797 High Thiopurine Methyltransferase Activity Does Not Affect Concentration of Azathioprine Metabolite 6-Thioguanine Nucleotide in Inflammatory Bowel Disease

Abstract

INTRODUCTION: Azathioprine (AZA) is commonly used to treat inflammatory bowel disease (IBD). Thiopurine methyltransferase (TPMT) converts AZA to key active metabolite 6-thioguanine nucleotide (6-TGN). Low TPMT activity is associated with high 6-TGN and side effects. Conversely, low 6-TGN is associated with lack of clinical response and has been associated with high TPMT activity but has not been examined in an IBD population. The aim of this study was to identify the independent effect of normal to high TPMT activity on 6-TGN concentrations in an IBD population. METHODS: We performed a retrospective chart review of patients aged >18 with IBD treated with AZA and with documented TPMT activity and 6-TGN levels from 2010 to 2017. To account for different assays, TPMT activity was normalized against the established low-normal TPMT activity, with low activity defined as less than 1 and high activity defined as above the 75th quantile of TPMT activity in the cohort.
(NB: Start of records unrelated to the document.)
// The ledger that an audit hands out, and the stored counts of its objects.
ghost use Rattle.std.specs.Prelude.{◌≤◌, length};
ghost use Rattle.ledger.specs.Report.{Empty, Copied, Readable, StoredRead};

use format::OBJECTS_MOST;
use walk::numbers::u32_at;

// Of each object, in order of discovery, the address, the count stored in its header, and the number of links met. Unused
// places are zeros.
#[derive(Clone, Copy)]
pub struct Ledger {
    pub objects: usize,
    pub addresses: [u64; OBJECTS_MOST],
    pub stored: [u32; OBJECTS_MOST],
    pub true_counts: [u32; OBJECTS_MOST],
}

pub fn empty() -> Ledger
    ensures { Empty result }
{
    let addresses = [0u64; OBJECTS_MOST];
    let stored = [0u32; OBJECTS_MOST];
    let true_counts = [0u32; OBJECTS_MOST];
    Ledger {
        objects: 0,
        addresses,
        stored,
        true_counts,
    }
}

// Copies the addresses of objects, which stand at the head of the table, to the head of a list.
pub fn copy_addresses(table: &[u64], addresses: &mut [u64])
    requires { length table.now ≤ length addresses.old }
    ensures { Copied table.now addresses.old (length table.now) addresses.new }
{
    let objects = table.len();
    addresses[..objects].copy_from_slice(table);
}

// Reads the stored count of each object, 4 bytes behind its address.
pub fn read_stored(image: &[u8], addresses: &[u64], stored: &mut [u32])
    requires readable { Readable image.now addresses.now (length addresses.now) }
    requires stored_fit { length addresses.now ≤ length stored.old }
    ensures { StoredRead image.now addresses.now (length addresses.now) stored.old stored.new }
{
    for i in 0..addresses.len() {
        let at = addresses[i] as usize;
        stored[i] = u32_at(image, at + 4) as u32;
    }
}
Those with low TPMT were excluded. Linear regression was used to determine the effect of TPMT activity on 6-TGN accounting for potential confounders. Further assessment of the interaction between dose and TPMT activity on 6-TGN was measured through the Average Causal Mediation Effects (ACME). Statistics performed in R v3.6.0 using mediation package. This study was IRB approved. RESULTS: Dosing of AZA in mg/kg, TPMT activity, and 6-TGN concentration were documented in 63 patients, of which 10 had low TPMT activity and were subsequently excluded, leaving 53 patients for analysis. Overall 37% of the cohort had a therapeutic 6-TGN level of >240 pmol/8 × 108 RBC. No patient under 1mg/kg achieved a therapeutic 6-TGN level, whereas 50% of patients taking 2.5 mg/kg did. The median 6-TGN in the normal TPMT range was 191.5 (IQR: 78.8, 296.3) versus 201 (IQR: 45, 312) in the high group (P = 0.57). There was a weak positive correlation between dosing (mg/kg) and 6-TGN (R2 = 0.08), while no correlation was seen between TPMT and 6-TGN (R2 = 0.0). Linear regression to assess the effect of TPMT activity and dose on 6-TGN concentrations including potential confounders of sex, age, smoking status only identified dose (mg/kg) to have a significant effect on 6-TGN concentration (Table 1). CONCLUSION: There was no effect on 6-TGN as TPMT activity increased, although 6-TGN was positively affected by dose. Despite normal TPMT activity, therapeutic 6-TGN concentrations were only found in 50% of those dosed at 2.5 mg/kg.